What needs to be done
The answer must consist of each line below that holds the word "total", copied as it stands.

Source information
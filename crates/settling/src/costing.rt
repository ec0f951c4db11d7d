// The table of what each role costs on each board.
ghost use Rattle.std.specs.Prelude.{◌≡◌, ◌^◌, ◌<◌, ◌≤◌, Bool, slice_index};
ghost use Rattle.assignment_laws.specs.Namings.{total};
ghost use Rattle.faults.specs.Answers.{Answers};
ghost use Rattle.faults.specs.declared.fault.Layer.{Layer};
ghost use Rattle.settling.specs.Prices.{Costed, Marked, RowFilled, asked, count_refusal};

use crate::packages::Packages;
use crate::pricing::Pricing;
use assignment_costs::Costs;
use drawings::Drawing;
use elements::Element;
use faults::{Call, Fault};
use tariffs::Tariff;

impl<'a, T: Tariff> Pricing<'a, T> {
    // What it costs that the packages of all senders go to the receiver.
    fn pair_cost(&self, packages: &Packages, receiver: usize) -> u64
        requires { receiver < self.now.drawing.now.target.boards }
        ensures value { result ≡ total (λ i. T.cost self.now.tariff.now (asked i receiver (slice_index packages.now.bytes i) self.now.transformed)) self.now.drawing.now.target.boards }
        ensures capped { result ≤ 2 ^ 44 }
    {
        (0..self.drawing.target.boards)
            .map(|sender| self.price(packages, sender, receiver))
            .sum()
    }

    // Sets what the role of these packages costs on each board.
    fn fill_row(&self, costs: &mut Costs, packages: &Packages, role: usize)
        requires role_bound { role < costs.old.boards }
        requires boards { costs.old.boards ≡ self.now.drawing.now.target.boards }
        ensures { RowFilled (T.cost self.now.tariff.now) packages.now.bytes self.now.transformed role costs.old costs.new }
    {
        for board in 0..self.drawing.target.boards {
            let cost = self.pair_cost(packages, board);
            costs.set(role, board, cost).unwrap();
        }
    }

    // What each role costs on each board.
    pub(crate) fn costs(&self) -> Costs
        ensures { Costed (T.cost self.now.tariff.now) self.now.drawing.now self.now.words self.now.transformed result }
    {
        let boards = self.drawing.target.boards;
        let mut costs = Costs::zero(boards).unwrap();
        for role in 0..boards {
            let packages = self.packages(role);
            self.fill_row(&mut costs, &packages, role);
        }
        costs
    }
}

// What each role costs on each board, for a call that may be refused.
pub fn costs<E: Element, T: Tariff>(
    call: Call,
    drawing: &Drawing,
    alpha: E,
    tariff: &T,
) -> Result<Costs, Fault>
    ensures { (t : Bool) × Marked drawing.now.operation (alpha ≡ E.unit) t × Answers Layer.Book call (count_refusal drawing.now (T.boards tariff.now)) result (Costed (T.cost tariff.now) drawing.now E.width t) (Unit {0}) }
{
    let pricing = Pricing::new(call, drawing, alpha, tariff)?;
    Ok(pricing.costs())
}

Exercise result
ghost use Rattle.assignment_laws.specs.Namings.{total};
        ensures value { result ≡ total (λ i. T.cost self.now.tariff.now (asked i receiver (slice_index packages.now.bytes i) self.now.transformed)) self.now.drawing.now.target.boards }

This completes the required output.